Besser came through the back door with an eight case order. Between the three I counted 14 one-liners dropped. The Three Sixty Red will take 21 days to maturity, nine in the fermenter, filling 35 kegs with five barrels to be bottled.

During the recirculation, the Three Sixty Red clocked in with an original gravity of 1080 on the hydrometer, which is barleywine strength. This is the specific gravity of the unfermented wort. The primary contribution to specific gravity is sugar, some of which is fermented into alcohol, and some of which remains in the finished beer to give sweetness and body. From experience, Stoltz believed the OG was actually 1095.

SPARGING LARGE

After 25 minutes, the mash ran clear, meaning no large pieces of grain material, and the sparging began.

During sparging, grains were cold water rinsed of their sugars before the short journey to the boil kettle to start the process of lautering, which is basically the collecting of the extracted sugars. The temperature of the sparge water is important. The water should be no more than 170°F, as husk tannins become more soluble above this temperature, depending on wort pH. This could lead to astringency in the beer. Lacey municipal water has close to ideal minerals in its water. They only needed four pounds of acid malt and a little gypsum to keep the optimal pH level.

The wort was drained slowly to obtain the best extraction. Their lauter grant, a vessel that gently collects the wort on its way from the mash/lauter tun to the boil kettle, was the same grant they used when they homebrewed. The career firefighters — 21 years for Sobol and eight for Stoltz — dialed in their recipes in garages between shifts at the McLane/Black Lake Fire Department. It became real when the duo’s Hosechaser Blonde grabbed the Dick’s Brewing “Beer for a Cure” homebrewing contest top prize in 2012 — and they began to shadow Dick’s brewer Parker Penley.

Stoltz took wort samples from the grant with which to conveniently measure the pH of the runoff and avoid over-sparging. The OG decreased to 1067 after two-thirds of the wort traveled through the grant. Sparge time varies depending on the amount of grain and the lautering system; we spent the first 30 minutes manning five tasks, then an hour and a half of down time. That’s when Stoltz cranked on the tunes — Fleet Foxes if I remember correctly.

Time to clean again.

I suggested they run a Crossfit gym inside their brewing room. I twisted, ducked and jumped over hoses and pumps all day. It’s good to be a brewery hose manufacturer.

Over sandwiches, we played guess the hop with blind samples. I know my Simcoe.

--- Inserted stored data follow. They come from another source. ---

#[test]
fn load_driven_on_falling_edges(rt: HostRuntime) -> Result<(), Fail> {
    let samples = load(rt.alloc())?;
    assert!(rt; gives(rt.alloc(), FALLING.as_bytes(), &samples));
    assert!(rt; gives(rt.alloc(), FALLING_VERILATOR.as_bytes(), &samples));
    Ok(())
}

#[test]
fn load_among_scopes_and_other_variables(rt: HostRuntime) -> Result<(), Fail> {
    let samples = load_of_known_data(rt.alloc())?;
    assert!(rt; gives(rt.alloc(), SCOPES.as_bytes(), &samples));
    Ok(())
}

/// What the bench meant for clock 0 is seen at clock 1, and so on.
#[test]
fn lines_that_change_at_the_edge_come_one_clock_late(rt: HostRuntime) -> Result<(), Fail> {
    let samples = late_load(rt.alloc())?;
    assert!(rt; gives(rt.alloc(), SAME_TIME.as_bytes(), &samples));
    Ok(())
}

/// A dump of profile 2 has the parity of its request.
#[test]
fn parity_of_a_load(rt: HostRuntime) -> Result<(), Fail> {
    let samples = load_with_parity(rt.alloc())?;
    assert!(rt; gives(rt.alloc(), PARITY_OF_A_LOAD.as_bytes(), &samples));
    Ok(())
}

/// The marks that are told behind the first so many bytes of a text, and behind the rest, whether or not that is refused.
fn told_twice(
    alloc: Global,
    bytes: &[u8],
    first: usize,
) -> Result<(Option<Marks>, Option<Marks>), VcdStop> {
    let mut reader = Reader::new(alloc)?;
    let mut samples = Vec::new(alloc);
    let first = bytes.len().min(first);
    reader.feed(&bytes[..first], &mut samples)?;
    let told = reader.marks();
    let _answer = reader.feed(&bytes[first..], &mut samples);
    Ok((told, reader.marks()))
}

/// The marks of both parities.
const BOTH: Option<Marks> = Some(Marks { ap: true, rp: true });

/// What stands behind the end of the declarations, how many bytes behind that end are fed first, and the marks that are told
/// behind them and behind the rest.
type Twice = (&'static str, usize, (Option<Marks>, Option<Marks>));
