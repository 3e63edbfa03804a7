//! The requests around a clock.

ghost use Rattle.std.specs.Prelude.{◌≡◌, IfOk, OnOk};
ghost use Rattle.serde_json.specs.View.{members_view, view};
ghost use Rattle.request_facts.specs.Requests.{request_data, requests_data, with_course, with_requests, with_seen};

use crate::members::{put_clock, put_outcome, put_snoop_end, put_target};
use fsb_owner_table::Row;
use fsb_recent::Around;
use fsb_trace::Seen;
use reason_facts::put_maybe_agent;
use serde_json::{Map, Value, put};
use std::alloc::{AllocError, Global};

// Puts what is seen of a request.
#[tactic(auto, unfolding(crate::specs::Requests::with_seen))]
fn put_seen(
    object: &mut Map<String, Value>,
    alloc: Global,
    before: u32,
    seen: &Seen,
) -> Result<(), AllocError>
    ensures { OnOk result (members_view object.new.entries
        ≡ with_seen before seen.now (members_view object.old.entries)) }
{
    put_clock(object, alloc, "first_clock", before, Some(seen.clock))?;
    put_maybe_agent(object, alloc, "agent", seen.who)?;
    put_target(object, alloc, seen.request)
}

// Puts what is reached of a request.
#[tactic(auto, unfolding(crate::specs::Requests::with_course))]
fn put_course(
    object: &mut Map<String, Value>,
    alloc: Global,
    before: u32,
    row: &Row,
) -> Result<(), AllocError>
    ensures { OnOk result (members_view object.new.entries
        ≡ with_course before row.now (members_view object.old.entries)) }
{
    put_snoop_end(object, alloc, before, row.snoop)?;
    put_clock(object, alloc, "response", before, row.response)?;
    put_outcome(object, alloc, row.seen.cancelled, row.outcome)?;
    put_clock(object, alloc, "end", before, row.end)?;
    put_clock(object, alloc, "reply", before, row.reply)
}

// The object of a request, whose clocks come behind so many others.
fn request_value(alloc: Global, before: u32, row: &Row) -> Result<Value, AllocError>
    ensures { IfOk result (λ v. view v ≡ request_data before row.now) }
{
    let mut object = Map::new(alloc);
    put_seen(&mut object, alloc, before, &row.seen)?;
    put_course(&mut object, alloc, before, row)?;
    Ok(Value::Object(object))
}

/// Requests, in order.
fn requests_value(alloc: Global, before: u32, rows: &[Row]) -> Result<Value, AllocError>
    ensures { IfOk result (λ v. view v ≡ requests_data before rows.now) }
{
    let mut list = Vec::new(alloc);
    for row in rows {
        list.push(request_value(alloc, before, row)?)?;
    }
    Ok(Value::Array(list))
}

/// Puts the requests around a clock, whose clocks come behind so many others: those that were over last, and those in flight.
pub fn put_requests(
    object: &mut Map<String, Value>,
    alloc: Global,
    before: u32,
    around: &Around,
) -> Result<(), AllocError>
    ensures { OnOk result (members_view object.new.entries
        ≡ with_requests before around.now (members_view object.old.entries)) }
{
    let over = requests_value(alloc, before, &around.past)?;
    let in_flight = requests_value(alloc, before, &around.flight)?;
    put(object, alloc, "requests_over", over)?;
    put(object, alloc, "requests_in_flight", in_flight)
}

Foals’ song “What Went Down” blasted as we pulled nails and tasted red wine and bourbon barrels full of Pyrolysis Imperial Stout, which have since been release to applause.

THE FINAL PUSH

The wort hit full boil in the kettle when I added 64 ounces of Willamette hop and another 96 ounces of the same hop with 10 minutes left in the whirlpool.

I practiced clapping hoses with one hand on the fermenter. Besser barged through the back door with more orders. He figured I was great at one-hand hose couplings.

With the boil officially complete, we “knocked off,” meaning we moved the wort from the kettle to its new home in the fermenter where it will meet the yeast and eventually (three weeks later) become beer. It’s important though that we lowered the temperature of the wort down to 70° before the transfer so as not to kill the yeast. A wort chiller did the trick in a matter of minutes.

Stoltz climbed a latter (for the 10,000th time in his life) and dumped the Safale dry yeast into the top of the fermenter. Yeast converts the sugary wort into beer by producing alcohol, a wide range of flavors and carbon dioxide (used later in the process to give the beer its sparkle).

Knocking off and the yeast dump were the final parts of the actual brewing process but we had plenty of cleaning ahead. We were done moving the beer.

According to Stoltz, it was one of the faster brew days, even with me in the room.

The Three Sixty Red is currently on tap in Top Rung’s taproom. Thankfully, it’s delicious.